前述のとおり、2017年度の充実段階評価結果は「すべての救命救急センターがA評価」でしたが、見直し後の指標で評価し直すと、▼S評価が11施設(3.8%)▼A評価が241施設(84.8%)▼B評価が30施設(10.5%)▼C評価が2施設(0.7%)―となり、「より適切に救命救急センターの取り組みを評価する」という目的が達成されるであろうことが分かります。
さらに、「S評価」や「A評価」を取得するための基準は毎年度厳しくなります。例えば、「是正を要する項目のうち3項目に該当してしまう」救命救急センターは、見直し1年目は「A評価」となりますが、2年目以降は「B評価」に分類されます。
診療報酬上の加算や補助金の水準が今後の論点
厚労省が示した充実段階評価の見直し案は、医療部会でおおむね了承され、早ければ今年(2018年)の実績評価から用いられる見通しです。ただし、山口育子委員(ささえあい医療人権センターCOML理事長)と吉川久美子参考人(日本看護協会常任理事、菊池令子委員:日本看護協会副会長の代理出席)が、専門的な教育を受けた看護師(例えば急性・重症患者看護分野の専門看護師)らの配置を評価基準に加えるべきと主張しており、評価項目のさらなる改善に向けた「今後の検討課題」に位置付けられています。

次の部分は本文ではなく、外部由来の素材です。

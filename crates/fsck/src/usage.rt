// The blocks that the files of a disk take.
ghost use Rattle.std.specs.Prelude.{◌≡◌, ℕ, ◌&&◌, ◌||◌};
ghost use Rattle.layout.specs.Files.{has_entries};
ghost use Rattle.fsck.specs.Sets.{member, counted};
ghost use Rattle.fsck.specs.Blocks.{has, in_use};
ghost use Rattle.fsck.specs.Usage.{Counts};

use crate::block_set::BlockSet;
use layout::disk::Disk;
use layout::entry::Entry;

// Puts each of the blocks into the set.
fn insert_all(blocks: &[u8], set: &mut BlockSet)
    ensures { (k : ℕ) → member set.new k ≡ (has blocks.now k || member set.old k) }
{
    for b in blocks {
        set.insert(*b);
    }
}

// The blocks that entries in use have.
pub fn blocks_in_use(disk: &[u8]) -> BlockSet
    ensures members { (b : ℕ) → member result b ≡ (has_entries disk.now && in_use disk.now b) }
    ensures counts { Counts disk.now (counted (member result) 0 256) }
{
    let mut set = BlockSet::new();
    let Some(table) = Disk::new(disk).table() else {
        return set;
    };
    for part in table {
        let entry = Entry::decode(part);
        if entry.used {
            insert_all(entry.file_blocks(), &mut set);
        }
    }
    set
}
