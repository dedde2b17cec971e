// A set of blocks: a bit for each of 256 numbers, in four words.
ghost use Rattle.std.specs.Prelude.{◌≡◌, ℕ, false, ◌||◌, ◌==◌};
ghost use Rattle.fsck.specs.Sets.{member, counted};

#[derive(Clone, Copy, Debug, Default, PartialEq, Eq)]
pub struct BlockSet {
    words: [u64; BlockSet::WORDS],
}

impl BlockSet {
    const WORDS: usize = 4;

    const WORD_BITS: usize = u64::BITS as usize;

    // The set that has no block.
    pub fn new() -> BlockSet
        ensures { (b : ℕ) → member result b ≡ false }
    {
        BlockSet {
            words: [0; BlockSet::WORDS],
        }
    }

    // Puts the block into the set.
    pub fn insert(&mut self, b: u8)
        ensures { (k : ℕ) → member self.new k ≡ (k == b || member self.old k) }
    {
        let b = usize::from(b);
        self.words[b / BlockSet::WORD_BITS] |= 1 << (b % BlockSet::WORD_BITS);
    }

    pub fn contains(&self, b: u8) -> bool
        ensures { result ≡ member self.now b }
    {
        let b = usize::from(b);
        (self.words[b / BlockSet::WORD_BITS] >> (b % BlockSet::WORD_BITS)) & 1 == 1
    }

    // How many blocks the set has: the ones of its words.
    pub fn count(&self) -> usize
        ensures { result ≡ counted (member self.now) 0 256 }
    {
        let mut n = 0;
        for word in self.words {
            n += word.count_ones() as usize;
        }
        n
    }
}
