// Disks that are sound, and disks with one fault each.
use crate::fault::Fault;
use crate::judge::first_fault;
use layout::disk::Disk;
use layout::entry::Entry;
use layout::name::Name;
use std::alloc::{AllocError, Global};
use std::test::Fail;

// Each crate's tests make their own entries, since no crate is there for tests alone.
// An entry in use, with a name of one letter repeated.
fn entry(letter: u8, len: u16, first: u8, second: u8) -> Entry {
    let mut blocks = [0; Disk::FILE_BLOCKS];
    blocks[0] = first;
    blocks[1] = second;
    Entry {
        used: true,
        name: Name {
            bytes: [letter; Name::SIZE],
        },
        len,
        blocks,
        unread: [0, 0],
    }
}

// A disk of twelve blocks that begins with these entries.
fn disk_of(heap: Global, entries: &[Entry]) -> Result<Vec<u8>, AllocError> {
    let mut bytes = Vec::new(heap);
    for entry in entries {
        bytes.extend_from_slice(&entry.encode())?;
    }
    bytes.resize(12 * Disk::BLOCK, 0)?;
    Ok(bytes)
}

// The place of the first fault.
fn place_of(disk: &[u8]) -> Option<usize> {
    first_fault(disk).map(Fault::place)
}

fn fault_of(heap: Global, entries: &[Entry]) -> Result<Option<usize>, AllocError> {
    Ok(place_of(disk_of(heap, entries)?.as_slice()))
}

#[test]
fn sizes(rt: HostRuntime) -> Result<(), Fail> {
    let mut zeros = Vec::new(rt.alloc());
    assert_eq!(rt; place_of(zeros.as_slice()), Some(16));
    for (len, fault) in [
        (1, Some(16)),
        (8 * Disk::BLOCK, Some(16)),
        (9 * Disk::BLOCK, None),
        (9 * Disk::BLOCK + 1, Some(16)),
        (250 * Disk::BLOCK - 1, Some(16)),
        (250 * Disk::BLOCK, None),
        (251 * Disk::BLOCK, Some(16)),
    ] {
        zeros.resize(len, 0)?;
        assert_eq!(rt; place_of(zeros.as_slice()), fault);
    }
    Ok(())
}

#[test]
fn first_byte_of_an_entry(rt: HostRuntime) -> Result<(), Fail> {
    let mut disk = Vec::new(rt.alloc());
    disk.resize(3 * Disk::ENTRY, 0)?;
    disk.push(2)?;
    disk.resize(12 * Disk::BLOCK, 0)?;
    assert_eq!(rt; place_of(disk.as_slice()), Some(3));
    Ok(())
}

#[test]
fn lengths(rt: HostRuntime) -> Result<(), Fail> {
    let mut longest = entry(b'A', 1024, 8, 9);
    longest.blocks = [8, 9, 10, 11, 12, 13, 14, 15, 16, 17, 18, 19, 20, 21, 22, 23];
    let mut disk = longest.encode().to_vec(rt.alloc())?;
    disk.resize(24 * Disk::BLOCK, 0)?;
    assert_eq!(rt; place_of(disk.as_slice()), None);
    longest.len = 1025;
    let mut disk = longest.encode().to_vec(rt.alloc())?;
    disk.resize(24 * Disk::BLOCK, 0)?;
    assert_eq!(rt; place_of(disk.as_slice()), Some(0));
    Ok(())
}

#[test]
fn blocks(rt: HostRuntime) -> Result<(), Fail> {
    let heap = rt.alloc();
    assert_eq!(rt; fault_of(heap, &[entry(b'A', 128, 8, 11)])?, None);
    assert_eq!(rt;
        fault_of(heap, &[entry(b'A', 128, 8, 7)])?,
        Some(0),
        "a block of entries"
    );
    assert_eq!(rt;
        fault_of(heap, &[entry(b'A', 128, 8, 12)])?,
        Some(0),
        "the edge of the disk"
    );
    assert_eq!(rt;
        fault_of(heap, &[entry(b'A', 128, 8, 8)])?,
        Some(0),
        "twice in one"
    );
    assert_eq!(rt;
        fault_of(heap, &[entry(b'A', 64, 8, 8)])?,
        None,
        "a number that isn't needed"
    );
    assert_eq!(rt;
        fault_of(heap, &[entry(b'A', 64, 8, 0), entry(b'B', 65, 9, 8)])?,
        Some(1),
        "twice in two"
    );
    let mut unused = entry(b'A', 2000, 8, 3);
    unused.used = false;
    assert_eq!(rt;
        fault_of(heap, &[unused, entry(b'B', 65, 9, 8)])?,
        None,
        "one of an unused entry"
    );
    Ok(())
}

#[test]
fn names(rt: HostRuntime) -> Result<(), Fail> {
    let heap = rt.alloc();
    assert_eq!(rt;
        fault_of(heap, &[entry(b'A', 1, 8, 0), entry(b'A', 1, 9, 0)])?,
        Some(1)
    );
    let mut unused = entry(b'A', 1, 8, 0);
    unused.used = false;
    assert_eq!(rt; fault_of(heap, &[unused, entry(b'A', 1, 9, 0)])?, None);
    Ok(())
}
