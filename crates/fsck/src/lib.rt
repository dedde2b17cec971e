// Sound disks, judged, and the blocks in use.
#![tactic(auto)]

pub mod block_set;
pub mod fault;
pub mod judge;
pub mod sound_disk;
#[cfg(test)]
mod tests;
pub mod usage;
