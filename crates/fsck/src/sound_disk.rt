// A disk that was found sound.
ghost use Rattle.std.specs.Prelude.{◌≡◌, true, Some, None, MatchResult, IfOk, IfErr, map};
ghost use Rattle.layout.specs.Entries.{decoded};
ghost use Rattle.layout.specs.Files.{entries};
ghost use Rattle.fsck.specs.Sound.{sound, first_fault};
ghost use Rattle.fsck.specs.Faults.{fault_of_place};
ghost use Rattle.fsck.specs.Faults as faults;
ghost use Rattle.fsck.specs.Blocks.{size};
ghost use Rattle.std.specs.Option.{option_map};

use crate::fault::Fault;
use crate::judge::first_fault;
use layout::disk::Disk;
use layout::entry::Entry;

// The bytes of a sound disk. Whoever has one need not judge it again.
#[derive(Clone, Copy)]
pub struct SoundDisk<'a> {
    bytes: &'a [u8],
    ghost sound: { sound bytes.now ≡ true },
}

impl<'a> SoundDisk<'a> {
    // The disk, if it is sound; else its first fault. No `TryFrom`: the name says that all of it is judged.
    pub fn check(bytes: &'a [u8]) -> Result<SoundDisk<'a>, Fault>
        ensures answer { MatchResult result (λ disk. (sound bytes.now ≡ true) × (disk.bytes ≡ bytes.entry)) (λ fault. option_map fault_of_place (first_fault bytes.now) ≡ Some fault) }
        ensures faultless { IfOk result (λ _. first_fault bytes.now ≡ None) }
        ensures place { IfErr result (λ fault. first_fault bytes.now ≡ Some (faults.place fault)) }
    {
        match first_fault(bytes) {
            None => Ok(SoundDisk { bytes }),
            Some(fault) => Err(fault),
        }
    }

    pub fn bytes(&self) -> &'a [u8]
        ensures { result ≡ self.now.bytes }
    {
        self.bytes
    }

    // The disk as the old machine reads it.
    pub fn view(&self) -> Disk<'a>
        ensures { result.bytes ≡ self.now.bytes }
    {
        Disk::new(self.bytes)
    }

    // The parts of the disk that spell its entries, in their order.
    pub fn table(&self) -> &'a [[u8; Disk::ENTRY]; Disk::ENTRIES]
        ensures { map decoded result.now ≡ entries self.now.bytes.now }
    {
        self.view().table().unwrap()
    }

    // All entries in their order.
    pub fn entries(&self) -> [Entry; Disk::ENTRIES]
        ensures { result ≡ entries self.now.bytes.now }
    {
        self.view().entries().unwrap()
    }

    // How many blocks the disk has.
    pub fn blocks(&self) -> usize
        ensures { result ≡ size self.now.bytes.now }
    {
        self.bytes.len() / Disk::BLOCK
    }
}
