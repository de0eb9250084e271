//! Limits of paths: what is written of node-revisions and changed paths has none past them.

pub(crate) mod limit;
pub(crate) mod texts;
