//! The laws of sound revisions. Each of these functions does nothing: what it ensures is proved once for all bytes.
ghost use Rattle.fsfs_sound.specs.Laws.{SoundRevisionsShowAHistory, HistoriesHaveNoDamage};
ghost use Rattle.fsfs_sound.specs.Parts.{PartsAreNotAhead, WhatIsBehindIsEarlier};

/// Where each revision up to one keeps the rules by itself, the bytes of all of them and their property files show a history, and no
/// text in it is a delta.
pub fn sound_revisions_show_a_history()
    ensures { SoundRevisionsShowAHistory }
{}

/// Where the bytes of the revisions and their property files show a history whose texts are all read, nothing is wrong with them: no
/// kind of damage that a check tells is there.
pub fn histories_have_no_damage()
    ensures { HistoriesHaveNoDamage }
{}

/// In sound trees what is behind a node-revision in its chain of predecessors is of an earlier revision, and no node-revision has a
/// copy part of a later revision than its own. So one that looks for a part in the chain may stop at the part's revision.
pub fn parts_are_not_ahead()
    ensures parts { PartsAreNotAhead }
    ensures behind { WhatIsBehindIsEarlier }
{}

また、医療部会に先立ち、1月22日に充実段階評価の見直し案について議論した「医療計画の見直し等に関する検討会」では、岡留健一郎委員(日本病院会副会長)が、現場の作業時間を増やさないように配慮するよう求めています。
なお、1月24日の中央社会保険医療協議会で厚労省は、2018年度の次期診療報酬改定で【救命救急入院料】の加算について、充実段階評価の見直しを踏まえて、次のとおり2段階から3段階へと改める案を示しています。
▼救急体制充実加算1:充実段階評価が「S評価」の救命救急センターが対象
▼救急体制充実加算2:充実段階評価が「A評価」の救命救急センターが対象。点数は加算1より低い
▼救急体制充実加算3:充実段階評価が「B評価」の救命救急センターが対象。点数は加算2より低い
現行の2段階の加算に、「S評価」の救命救急センターを対象とする上位区分が設けられる形ですが、これまでの診療報酬改定論議では支払側委員が、「S評価を設けて加算で重点的に評価するのであれば、A・Bなどの評価を引き下げる必要がある」と主張しており、今後の点数設定が注目されます。
また、救命救急センターへの補助金の減算率が、どのように見直されるのか(例えば、「A評価」の救命救急センターに、見直し前と同水準の補助金や加算が与えられるか)も今後の焦点となります。